During EMS’ strategic business planning review at the beginning of 2020, the subject of additional certifications was raised in support of its business growth plans. At this stage, there was no pressure from customers to undertake the certification process. However, the company received a request shortly after from a health sector customer to consider ISO 13485:2016.
The outbreak of COVID-19 and the consequent social distancing restrictions meant EMS faced some initial delays to the certification process at the start of 2020. Despite these curveballs, EMS has now completed the certification process—which went smoothly, all things considered.

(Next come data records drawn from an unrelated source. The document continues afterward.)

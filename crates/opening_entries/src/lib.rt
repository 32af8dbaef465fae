//! The entries with which a mesh of four points begins.
#![tactic(auto)]
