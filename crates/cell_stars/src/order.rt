//! Lists in order, each element once.

ghost use Rattle.std.specs.Prelude.{◌≡◌, ◌↔◌, ◌<◌, ℕ, false, IsTrue};
ghost use Rattle.point_order.specs.CellOrder.{cell_cmp, AreSameCells};
ghost use Rattle.point_order.specs.Sets.{IsIn, IsAscending};
ghost use Rattle.cell_stars.specs.Swaps.{cell_rest, touches as touches_of, Differ};
ghost use Rattle.cell_stars.specs.Moves.{AreCellsMarked};

use bucket_grid::Grid;
use point_order::{Cell, cells_in_order, has_cell};
use std::cmp::Ordering;

// Whether a finite vertex of the cell lies in the bucket.
pub(crate) fn touches(grid: Grid, b: u32, cell: &Cell) -> bool
    ensures { result ≡ touches_of grid b cell.now }
{
    for p in cell.points() {
        if grid.bucket_of(*p) == b {
            return true;
        }
    }
    false
}

// How the two stand in the order of cells.
pub(crate) fn compare(a: &Cell, b: &Cell) -> Ordering
    ensures { result ≡ cell_cmp a.now b.now }
{
    a.cmp(b)
}

// Up to so many cells are compared with each other, rather than put in order.
const FEW: usize = 32;

// The rest of a division, by which most cells that differ are told apart.
fn rest_of(cell: &Cell) -> usize
    ensures rest { result ≡ cell_rest cell.now }
    ensures below { cell_rest cell.now < 509 }
{
    let sum = match cell {
        Cell::Full(quad) => {
            let (a, b, c, d) = quad.corners();
            a.key() + b.key() + c.key() + d.key()
        }
        Cell::Open(tri) => {
            let (a, b, c) = tri.corners();
            a.key() + b.key() + c.key()
        }
    };
    (sum % 509) as usize
}

// Whether the cell is one of these, each of which has a mark at its rest.
fn has_marked(list: &[Cell], marks: &[bool; 509], cell: &Cell) -> bool
    requires { AreCellsMarked marks.now list.now }
    ensures { result ≡ false → IsIn cell.now list.now → ⊥ }
{
    marks[rest_of(cell)] && has_cell(list, cell)
}

// Whether no cell is there twice. From behind, each is looked for among those behind it.
pub(crate) fn do_differ(list: &[Cell]) -> bool
    ensures { IsTrue result → Differ list.now }
{
    let mut marks = [false; 509];
    for k in (0..list.len()).rev() {
        let cell = &list[k];
        if has_marked(&list[k + 1..], &marks, cell) {
            return false;
        }
        marks[rest_of(cell)] = true;
    }
    true
}

// The cells, each once, in any order. It takes no memory.
pub(crate) fn cells_once(list: Vec<Cell>) -> Vec<Cell>
    ensures once { Differ result.items }
    ensures cells { AreSameCells list.items result.items }
{
    if list.len() <= FEW && do_differ(&list) {
        return list;
    }
    cells_in_order(list)
}

// The numbers in order, each once.
pub(crate) fn numbers_in_order(mut list: Vec<u32>) -> Vec<u32>
    ensures order { IsAscending result.items }
    ensures same { (n : ℕ) → IsIn n result.items ↔ IsIn n list.items }
{
    list.sort_unstable();
    list.dedup();
    list
}
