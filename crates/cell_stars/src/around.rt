//! The places of the cells of a vertex.

ghost use Rattle.std.specs.Prelude.{◌≡◌, ℕ, MatchBool, ◌<◌, Some, List, IfOk};
ghost use Rattle.point_order.specs.Sets.{IsIn};

use point_order::Point;
use std::alloc::{AllocError, Global};
use std::marker::Model;

/// The places of the cells of a vertex.
///
/// Contracts see it as the vertex and the numbers of the places.
#[derive(Drop)]
pub(crate) struct Around {
    pub(crate) vertex: Point,
    pub(crate) places: Vec<u32>,
}

impl Model for Around {
    ghost use Rattle.std.specs.Prelude.{List, ℕ};

    ghost Value = { ℕ × List ℕ };

    ghost view = { λ a. (a.vertex, a.places.items) };
}

impl Around {
    // The vertex.
    pub(crate) fn vertex(&self) -> Point
        ensures { result ≡ self.now.0 }
    {
        self.vertex
    }

    // Whether there is a place.
    pub(crate) fn has_places(&self) -> bool
        ensures { MatchBool result ((i : ℕ) × IsIn i self.now.1) ((i : ℕ) → IsIn i self.now.1 → ⊥) }
    {
        !self.places.is_empty()
    }
}

// A copy of the star.
fn copied_star(alloc: Global, around: &Around) -> Result<Around, AllocError>
    ensures { IfOk result (λ copy. copy ≡ around.now) }
{
    Ok(Around {
        vertex: around.vertex,
        places: Vec::from_slice(alloc, &around.places)?,
    })
}

// A copy of the stars, with room for so many.
pub(crate) fn copied_stars(
    alloc: Global,
    stars: &[Around],
    count: usize,
) -> Result<Vec<Around>, AllocError>
    ensures { IfOk result (λ list. list.items ≡ stars.now) }
{
    let mut list = Vec::with_capacity(alloc, count)?;
    for around in stars {
        list.push(copied_star(alloc, around)?)?;
    }
    Ok(list)
}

Quality Manager Robert Goodney chose NQA as EMS’ accreditation body based on the company’s breadth of experience in the relevant standards, as well as the training, support, and resources available online. EMS will be audited once annually to both ISO 9001:2015 and ISO 13485:2016 until the re-certification in three years’ time. These consistent reviews mean EMS ensures its processes continue to meet the high standards set out by ISO.

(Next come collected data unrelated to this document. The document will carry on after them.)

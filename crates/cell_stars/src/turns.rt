//! Exchanges that are made and turned back, without memory.

ghost use Rattle.std.specs.Prelude.{◌≡◌, length, ◌*◌, Some};
ghost use Rattle.std.specs.Option.{option_map};
ghost use Rattle.cell_stars.specs.Plans.{Allows, AreBelow, or_else, set_all, after_plan};
ghost use Rattle.cell_stars.specs.Turns.{IsPart, IsTurn, WasPart, WasTurned, stood, replaced};
ghost use Rattle.cell_stars.specs.Places.{at_slot};

use crate::cells::Cells;
use crate::joins::Joint;
use crate::plan::{PlacesPlan, Plan};
use crate::slots::Slot;
use std::mem::swap;

// Exchanges the list for the other, if there is one.
fn turn_list<T: Drop>(list: &mut Vec<T>, other: &mut Option<Vec<T>>)
    ensures list { list.new.items ≡ or_else (option_map (λ v. v.items) other.old) list.old.items }
    ensures other { option_map (λ v. v.items) other.new
        ≡ replaced (option_map (λ v. v.items) other.old) list.old.items }
{
    if let Some(other) = other {
        swap(list, other);
    }
}

// Exchanges elements for those at their places, in turn.
fn turn_all<T: Drop>(list: &mut [T], changes: &mut [(u32, T)])
    requires { AreBelow (length list.old) changes.old }
    ensures list { list.new ≡ set_all changes.old list.old }
    ensures changes { changes.new ≡ stood changes.old list.old }
{
    for (i, x) in changes.iter_mut() {
        swap(&mut list[*i as usize], x);
    }
}

// Exchanges them back, the last one first.
fn turn_back_all<T: Drop>(list: &mut [T], changes: &mut [(u32, T)])
    requires { AreBelow (length list.old) changes.old }
    ensures list { set_all changes.new list.new ≡ list.old }
    ensures changes { stood changes.new list.new ≡ changes.old }
{
    for k in (0..changes.len()).rev() {
        let (i, x) = &mut changes[k];
        swap(&mut list[*i as usize], x);
    }
}

// Makes changes of a list, or of a longer one that comes in its place, and keeps what stood there.
fn turn_part<T: Drop>(list: &mut Vec<T>, grown: &mut Option<Vec<T>>, changes: &mut Vec<(u32, T)>)
    requires { AreBelow (length (or_else (option_map (λ v. v.items) grown.old) list.old.items)) changes.old.items }
    ensures { IsPart (option_map (λ v. v.items) grown.old) changes.old.items list.old.items
        (option_map (λ v. v.items) grown.new) changes.new.items list.new.items }
{
    turn_list(list, grown);
    turn_all(list, changes);
}

// Takes them back.
fn turn_back_part<T: Drop>(
    list: &mut Vec<T>,
    grown: &mut Option<Vec<T>>,
    changes: &mut Vec<(u32, T)>,
)
    requires { WasPart (option_map (λ v. v.items) grown.old) changes.old.items list.old.items }
    ensures { IsPart (option_map (λ v. v.items) grown.new) changes.new.items list.new.items
        (option_map (λ v. v.items) grown.old) changes.old.items list.old.items }
{
    turn_back_all(list, changes);
    turn_list(list, grown);
}

// Exchanges the place across a facet.
fn turn_joint(slots: &mut [Slot], joint: &mut Joint)
    ensures { slots.new ≡ slots.old }
{
    let at = joint.place as usize;
    if at < slots.len() {
        slots[at].turn_side(joint.side, &mut joint.other);
    }
}

// Exchanges the places across some facets.
fn turn_rim(slots: &mut [Slot], rim: &mut [Joint])
    ensures { slots.new ≡ slots.old }
{
    for joint in rim.iter_mut() {
        turn_joint(slots, joint);
    }
}

// Exchanges them back, the last one first.
fn turn_back_rim(slots: &mut [Slot], rim: &mut [Joint])
    ensures { slots.new ≡ slots.old }
{
    for k in (0..rim.len()).rev() {
        turn_joint(slots, &mut rim[k]);
    }
}

// Makes changes of places as planned, and keeps what stood there.
fn turn_slots(slots: &mut Vec<Slot>, plan: &mut PlacesPlan)
    requires { AreBelow (length (or_else (option_map (λ v. v.items) plan.old.grown) slots.old.items))
        plan.old.slots.items }
    ensures { IsPart (option_map (λ v. v.items) plan.old.grown) plan.old.slots.items slots.old.items
        (option_map (λ v. v.items) plan.new.grown) plan.new.slots.items slots.new.items }
{
    turn_part(slots, &mut plan.grown, &mut plan.slots);
    turn_rim(slots, &mut plan.rim);
}

// Takes them back.
fn turn_back_slots(slots: &mut Vec<Slot>, plan: &mut PlacesPlan)
    requires { WasPart (option_map (λ v. v.items) plan.old.grown) plan.old.slots.items slots.old.items }
    ensures { IsPart (option_map (λ v. v.items) plan.new.grown) plan.new.slots.items slots.new.items
        (option_map (λ v. v.items) plan.old.grown) plan.old.slots.items slots.old.items }
{
    turn_back_rim(slots, &mut plan.rim);
    turn_back_part(slots, &mut plan.grown, &mut plan.slots);
}

impl Cells {
    /// Carries a plan out, without memory.
    pub fn carry_out(&mut self, plan: Plan)
        requires { Allows plan self.old }
        ensures { self.new ≡ after_plan plan self.old }
    {
        let mut plan = plan;
        self.turn(&mut plan);
    }

    /// Carries a plan out, without memory. The plan has then what stood in the places that it changes.
    pub fn turn(&mut self, plan: &mut Plan)
        requires { Allows plan.old self.old }
        ensures { IsTurn plan.old self.old plan.new self.new }
    {
        let Plan { places, stars } = plan;
        turn_slots(&mut self.slots, places);
        turn_part(&mut self.stars, &mut stars.more, &mut stars.stars);
        turn_part(&mut self.keys, &mut stars.keys.more, &mut stars.keys.parts);
        self.turn_numbers(plan);
    }

    /// Takes back what a plan made, without memory. The plan and the bucket are then as before.
    pub fn turn_back(&mut self, plan: &mut Plan)
        requires { WasTurned plan.old self.old }
        ensures { IsTurn plan.new self.new plan.old self.old }
    {
        let Plan { places, stars } = plan;
        turn_back_slots(&mut self.slots, places);
        turn_back_part(&mut self.stars, &mut stars.more, &mut stars.stars);
        turn_back_part(&mut self.keys, &mut stars.keys.more, &mut stars.keys.parts);
        self.turn_numbers(plan);
    }

    // Exchanges the numbers of places and stars that are likely to be free for those of the plan.
    fn turn_numbers(&mut self, plan: &mut Plan)
        ensures cells { self.new ≡ self.old }
        ensures plan { plan.new ≡ plan.old }
    {
        swap(&mut self.free, &mut plan.places.free);
        swap(&mut self.spare, &mut plan.stars.spare);
    }
}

ISO 13485:2016 supplements an already mature process system, adding another level of quality regulation to EMS’ medical devices processes. All requirements across both standards have been reviewed for compliance, and the company adapted its Business Management System to ensure this compliance continues.
In the medical industry, ensuring accuracy and safety across electronic medical equipment is vital. As such, it’s no surprise that the ISO 13485:2016 certification places more emphasis on traceability, records and risk management. For medical devices manufacturers, ISO 13485:2016 is advisable to guarantee quality in such an important field.
“Certification to ISO 13845:2016 was a key strategic aim for EMS in 2020. Given the events of the past year, the quality department—headed by Robert Goodney—and the wider business have done very well to achieve the certification,” says Jonathan Plummer, managing director of EMS. “ISO 13485:2016 supports EMS’ current medical customers as well as new customer opportunities. Beyond medical, the methodology of the certification supports existing and new customers in all industries and builds on EMS’ commitment to high standards of quality.”
The accreditation underscores EMS’ even more rigorous quality standards, offering greater assurance to clients of the controls and parameters in place.